3. Complete Processing Pipeline
The process_with_guardrails
method ties everything together:
- First, it validates the user input
- If valid, it sends the request to the OpenAI model
- Before returning the response, it checks the output for safety issues
Real-World Applications
This guardrails system can be integrated into various applications:
- Customer support chatbots: Ensure responses remain professional and appropriate
- Educational tools: Filter both inappropriate student queries and ensure age-appropriate answers
- Content generation applications: Prevent creation of harmful or policy-violating content
- Internal enterprise tools: Maintain professional standards even in employee-facing systems
Enhancing the System
The basic implementation can be extended in several ways:
- Topic-specific guardrails: Add specialized filters for particular domains
- User context awareness: Adjust guardrails based on user age, location, or other factors
- Feedback mechanisms: Allow users to report problematic responses that slip through
- Audit logging: Track and analyze both rejected inputs and outputs to improve the system
Conclusion
Building effective AI guardrails is a responsibility that all developers working with generative AI models must take seriously.

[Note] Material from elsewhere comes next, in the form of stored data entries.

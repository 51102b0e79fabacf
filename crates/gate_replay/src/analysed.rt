//! Rows of what a renamer is to know of a program.
use crate::programs::class_of;
use anyhow::{Result, bail};
use gate_renamers::read_off;
use jsbase_reader::read_bytes;
use std::alloc::Global;

/// What is read off the program of a line.
pub fn answer(alloc: Global, goal: &str, input: &str) -> Result<String> {
    let Ok(envelope) = read_bytes(alloc, class_of(goal)?, input.as_bytes()) else {
        bail!("a line is no envelope of such a program, or memory was refused");
    };
    Ok(read_off(alloc, &envelope.tree)?)
}
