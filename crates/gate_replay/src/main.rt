//! What the gate asks of the whole repository beside its proofs, as rows of one program; and what is measured by hand.
//!
//! Without arguments it goes over the rows of standard input (`gate_rows`). With arguments it measures (`measure`) or runs a work
//! that is refused memory (`refuse`).
#![tactic(auto)]

mod analysed;
mod answers;
mod engine;
mod judged;
mod kinds;
mod library;
mod measure;
mod plain;
mod programs;
mod refuse;
mod serving;
mod streams;
mod texts;
mod units;

use answers::OfRows;
use anyhow::Result;
use gate_rows::{arguments, replay};

// Does what the program's arguments ask; fails where a row differs or an argument names nothing, and for what an answer is refused.
fn serve(rt: &HostRuntime, arguments: &[String]) -> Result<()> {
    let Some(first) = arguments.first() else {
        return replay::<OfRows>(rt);
    };
    match first.as_str() {
        "refuse" => refuse::serve(rt, arguments),
        word => measure::serve(rt, word),
    }
}

fn main(rt: HostRuntime) -> Result<()> {
    let given = arguments(&rt)?;
    serve(&rt, given.as_slice())
}
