//! The ids of a program's own scope.
ghost use Rattle.std.specs.Prelude.{◌≡◌, ◌∷◌, [], ◌&&◌, ◌||◌, true, IfOk, OnOk, if◌then◌else◌};
ghost use Rattle.std.specs.List.{list_any};
ghost use Rattle.std.specs.HashSet.{contains};
ghost use Rattle.std.specs.Str.{bytes_eq};
ghost use Rattle.swc_tree_scoping.specs.BoundNames.{Id};
ghost use Rattle.swc_base_rename_naming.specs.Ids.{HasJust};
ghost use Rattle.swc_base_rename_substitution.specs.Names.{same_id};
ghost use Rattle.swc_base_mangle.specs.Own.{is_own};

use std::alloc::Global;
use std::collections::HashSet;
use swc_tree_marks::{Id, Ident, Mark, NoMemory, SyntaxContext};
use swc_tree_node::Node;

// Whether a mark is all of a context.
fn is_just(context: &SyntaxContext, mark: Mark) -> bool
    ensures { result ≡ bytes_eq context.now (mark ∷ []) }
{
    context.marks() == [mark].as_slice()
}

// Adds the id of an identifier that has just the mark.
fn note(top: Mark, ident: &Ident, ids: &mut HashSet<Id>) -> Result<(), NoMemory>
    ensures { OnOk result ((x : Id) → contains same_id ids.new x ≡ (if bytes_eq ident.now.ctxt (top ∷ []) && same_id (ident.now.sym, ident.now.ctxt) x then true else contains same_id ids.old x)) }
{
    if is_just(&ident.ctxt, top) {
        let id = ident.to_id()?;
        ids.insert(id)?;
    }
    Ok(())
}

// Adds the ids that stand in a tree with just the mark.
#[cycle(gather)]
#[tactic(auto, using(crate::proofs::OwnIds::noted, crate::proofs::OwnIds::own_of_identifier, crate::proofs::OwnIds::own_of_list, crate::proofs::OwnIds::own_of_tree))]
fn gather(top: Mark, tree: &Node, ids: &mut HashSet<Id>) -> Result<(), NoMemory>
    ensures { OnOk result ((x : Id) → contains same_id ids.new x ≡ (contains same_id ids.old x || is_own top tree.now x)) }
{
    match tree {
        Node::Identifier(_, ident) => note(top, ident.get(), ids),
        Node::List(trees) => gather_all(top, trees.as_slice(), ids),
        Node::Tree(_, trees) => gather_all(top, trees.as_slice(), ids),
        _ => Ok(()),
    }
}

// The same of some trees.
#[cycle(gather)]
#[tactic(auto, using(crate::proofs::OwnIds::own_of_leaf))]
fn gather_all(top: Mark, trees: &[Node], ids: &mut HashSet<Id>) -> Result<(), NoMemory>
    ensures { OnOk result ((x : Id) → contains same_id ids.new x ≡ (contains same_id ids.old x || list_any (λ t. is_own top t x) trees.now)) }
{
    for tree in trees {
        if !tree.may_hold_names() {
            continue;
        }
        gather(top, tree, ids)?;
    }
    Ok(())
}

/// The ids that stand in a tree with just the mark. Where it is the mark of a program that was resolved, they are the names that the
/// program's scope declares.
///
/// It looks at each node at most once.
///
/// # Errors
///
/// `NoMemory` where memory is refused.
pub fn own_ids(alloc: Global, top: Mark, tree: &Node) -> Result<HashSet<Id>, NoMemory>
    ensures { IfOk result (HasJust (is_own top tree.now)) }
{
    let mut ids = HashSet::new(alloc);
    gather(top, tree, &mut ids)?;
    Ok(ids)
}
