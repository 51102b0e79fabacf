//! Rows of passes over `Module` and `Script`: the program before, and what is left after.
//!
//! The input is an envelope. `rename` and `remap` find the ids that are given anew under its key `names`, and
//! `unparen_comments` and `fix_comments` how many moves are granted under `room`; `letters`, `shortest`, `refusing`, `numbered` and `suffixed` are renamers, and `finish_with` and `chain_with` may stand before some of them. What is wanted is the envelope of what is left, behind the
//! moves that were asked for and the name of a refusal. Behind `twice` the same pass is run on the program two times, and
//! what is left the second time is wanted. Behind `deep` the statements of a script stand in 200 blocks, one in another, as the pass
//! is run, more than JSON may nest, and are taken out again. `fold` hands the program by value to the pass that does nothing, `items`
//! asks a check whether there are items, and `types` whether declarations of types stand in the program.
mod check;
mod finishing;
mod names;
mod passes;
mod renamers;
mod types;

use anyhow::{Result, bail};
use gate_rows::Given;
pub use passes::{Pass, class_of};
use std::alloc::Global;
use std::slice;
use swc_tree::{PassError, noop};
use swc_tree_node::Class;

// The program of a line, so many times.
fn read_times(alloc: Global, class: Class, input: &str, times: u32) -> Result<Vec<Given>> {
    let mut programs = Vec::new(alloc);
    for _ in 0..times {
        programs.push(Given::read(alloc, class, input)?)?;
    }
    Ok(programs)
}

// The pass of a row, by the first of its programs.
fn pass_of(alloc: Global, word: &str, input: &str, programs: &[Given]) -> Result<Pass> {
    match programs.first() {
        Some(first) => Pass::of_row(alloc, word, input, first),
        None => bail!("there is no program"),
    }
}

// What a pass leaves of the last program.
fn left_by(alloc: Global, pass: &mut Pass, programs: &mut Vec<Given>) -> Result<String> {
    let answer = pass.visit(alloc, programs.as_mut_slice());
    match programs.pop() {
        Some(last) => Ok(last.left(alloc, answer)?),
        None => bail!("there is no program"),
    }
}

// What is left of the last program, behind the moves of all.
fn run(alloc: Global, word: &str, input: &str, programs: &mut Vec<Given>) -> Result<String> {
    let mut pass = pass_of(alloc, word, input, programs.as_slice())?;
    let left = left_by(alloc, &mut pass, programs)?;
    Ok(pass.before(alloc, left)?)
}

// What is left of the last of the programs of a line, so many times.
fn run_times(alloc: Global, word: &str, class: Class, input: &str, times: u32) -> Result<String> {
    let mut programs = read_times(alloc, class, input, times)?;
    run(alloc, word, input, &mut programs)
}

// Runs a pass on a script whose statements stand in many blocks then.
fn visit_deep(alloc: Global, pass: &mut Pass, given: &mut Given) -> Result<Result<(), PassError>> {
    given.deepen(alloc)?;
    let answer = pass.visit(alloc, slice::from_mut(given));
    given.flatten(alloc)?;
    Ok(answer)
}

// What is left of such a script.
fn run_deep(alloc: Global, word: &str, class: Class, input: &str) -> Result<String> {
    let mut given = Given::read(alloc, class, input)?;
    let mut pass = Pass::of_row(alloc, word, input, &given)?;
    let answer = visit_deep(alloc, &mut pass, &mut given)?;
    Ok(given.left(alloc, answer)?)
}

// What is answered to the words of a pass before the goal.
fn run_pass(alloc: Global, command: &str, class: Class, input: &str) -> Result<String> {
    if let Some(word) = command.strip_prefix("deep ") {
        return run_deep(alloc, word, class, input);
    }
    match command.strip_prefix("twice ") {
        Some(word) => run_times(alloc, word, class, input, 2),
        None => run_times(alloc, command, class, input, 1),
    }
}

/// What is answered to a row.
pub fn answer(alloc: Global, words: &str, input: &str) -> Result<String> {
    let Some((command, class)) = words.rsplit_once(' ') else {
        bail!("a goal is needed");
    };
    let class = class_of(class)?;
    match command {
        "items" => check::answer(alloc, &Given::read(alloc, class, input)?),
        "types" => types::answer(alloc, &Given::read(alloc, class, input)?),
        "fold" => Given::read(alloc, class, input)?.folded(alloc, &mut noop()),
        _ => run_pass(alloc, command, class, input),
    }
}
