//! A reader and a writer over memory, each call of which does little, and one of which fails.
ghost use Rattle.std.specs.Prelude.{◌≡◌, IfOk};

use std::io;
use std::io::{ErrorKind, Read, Write};

/// What a writer does at its last call.
#[derive(Clone, Copy)]
pub enum Failure {
    /// An error.
    Error,
    /// An error that the outside interrupted it.
    Interruption,
    /// It takes nothing.
    Nothing,
}

/// A reader that gives at most so many bytes a call, and fails after so many calls.
#[derive(Drop)]
pub struct Source<'a> {
    left: &'a [u8],
    most: usize,
    calls: usize,
    failure: ErrorKind,
}

/// A writer that takes at most so many bytes a call, and fails after so many calls.
#[derive(Drop)]
pub struct Sink {
    pub taken: Vec<u8>,
    most: usize,
    calls: usize,
    failure: Failure,
}

impl<'a> Source<'a> {
    /// A reader of bytes.
    pub fn new(left: &'a [u8], most: usize, calls: usize, failure: ErrorKind) -> Source<'a> {
        Source {
            left,
            most,
            calls,
            failure,
        }
    }
}

impl Sink {
    /// A writer that has taken nothing.
    pub fn new(taken: Vec<u8>, most: usize, calls: usize, failure: Failure) -> Sink {
        Sink {
            taken,
            most,
            calls,
            failure,
        }
    }

    // What comes of the last call: it takes nothing.
    fn fail(&self) -> io::Result<usize>
        ensures { IfOk result (λ taken. taken ≡ 0) }
    {
        match self.failure {
            Failure::Error => Err(io::Error::from(ErrorKind::BrokenPipe)),
            Failure::Interruption => Err(io::Error::from(ErrorKind::Interrupted)),
            Failure::Nothing => Ok(0),
        }
    }
}

impl Read for Source<'_> {
    fn read(&mut self, buf: &mut [u8]) -> io::Result<usize> {
        if self.calls == 0 {
            return Err(io::Error::from(self.failure));
        }
        self.calls -= 1;
        let count = buf.len().min(self.most).min(self.left.len());
        let (given, left) = self.left.split_at(count);
        buf[..count].copy_from_slice(given);
        self.left = left;
        Ok(count)
    }
}

impl Write for Sink {
    fn write(&mut self, buf: &[u8]) -> io::Result<usize> {
        if self.calls == 0 {
            return self.fail();
        }
        self.calls -= 1;
        let count = buf.len().min(self.most);
        self.taken.extend_from_slice(&buf[..count])?;
        Ok(count)
    }

    fn flush(&mut self) -> io::Result<()> {
        Ok(())
    }
}
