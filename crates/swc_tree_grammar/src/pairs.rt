//! A pair of parentheses, by where it stands.
use swc_tree_node::swc_tree_marks::Span;

/// A pair of parentheses that is taken off: where its content stands, and where it stands itself.
#[derive(Clone, Copy, Debug, PartialEq, Eq)]
pub struct Pair {
    pub content: Span,
    pub whole: Span,
}
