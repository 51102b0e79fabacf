//! What is answered to a row.
use crate::{analysed, engine, judged, kinds, library, plain, programs, serving, units};
use anyhow::Result;
use gate_rows::Answers;
use std::alloc::Global;

/// The answers to the rows of this program: by the first of their words, else what `jsbase` writes.
pub struct OfRows;

// Whether a row with this word is one of passes.
fn is_of_passes(first: &str) -> bool {
    matches!(
        first,
        "pass"
            | "twice"
            | "deep"
            | "fold"
            | "items"
            | "types"
            | "rename"
            | "remap"
            | "letters"
            | "shortest"
            | "refusing"
            | "numbered"
            | "suffixed"
            | "finish_with"
            | "chain_with"
            | "unparen_comments"
            | "fix_comments"
    )
}

// The answer to a row of one envelope or of what is served, if its word names one.
fn of_input(alloc: Global, first: &str, rest: &str, input: &str) -> Option<Result<String>> {
    match first {
        "analysed" => Some(analysed::answer(alloc, rest, input)),
        "judged" => Some(judged::answer(alloc, rest, input)),
        "plain" => Some(plain::answer(alloc, rest, input)),
        "status" => Some(engine::status(alloc, rest, input)),
        "served" => Some(serving::answer(alloc, rest, input)),
        "beginnings" => Some(engine::beginnings(alloc, input)),
        _ => None,
    }
}

impl Answers for OfRows {
    fn answer(alloc: Global, words: &str, input: &str) -> Result<Option<String>> {
        let (first, rest) = words.split_once(' ').unwrap_or((words, ""));
        if is_of_passes(first) {
            return Ok(Some(programs::answer(alloc, words, input)?));
        }
        if let Some(answer) = of_input(alloc, first, rest, input) {
            return Ok(Some(answer?));
        }
        match first {
            "kinds" => Ok(kinds::answer(alloc)),
            "library" => Ok(library::answer(alloc, rest, input)),
            "unit" => Ok(units::answer(alloc, rest)),
            _ => engine::written(alloc, words, input),
        }
    }
}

By implementing a dual-layered approach that screens both inputs and outputs, we can harness the power of large language models while dramatically reducing the risk of harmful content.
The system demonstrated here provides a solid foundation that can be customized to meet the specific needs of your application. As AI capabilities continue to advance, so too should our approaches to ensuring these systems operate within appropriate boundaries.
Output
--- Example 1: Safe Query ---
User: What are some healthy breakfast options?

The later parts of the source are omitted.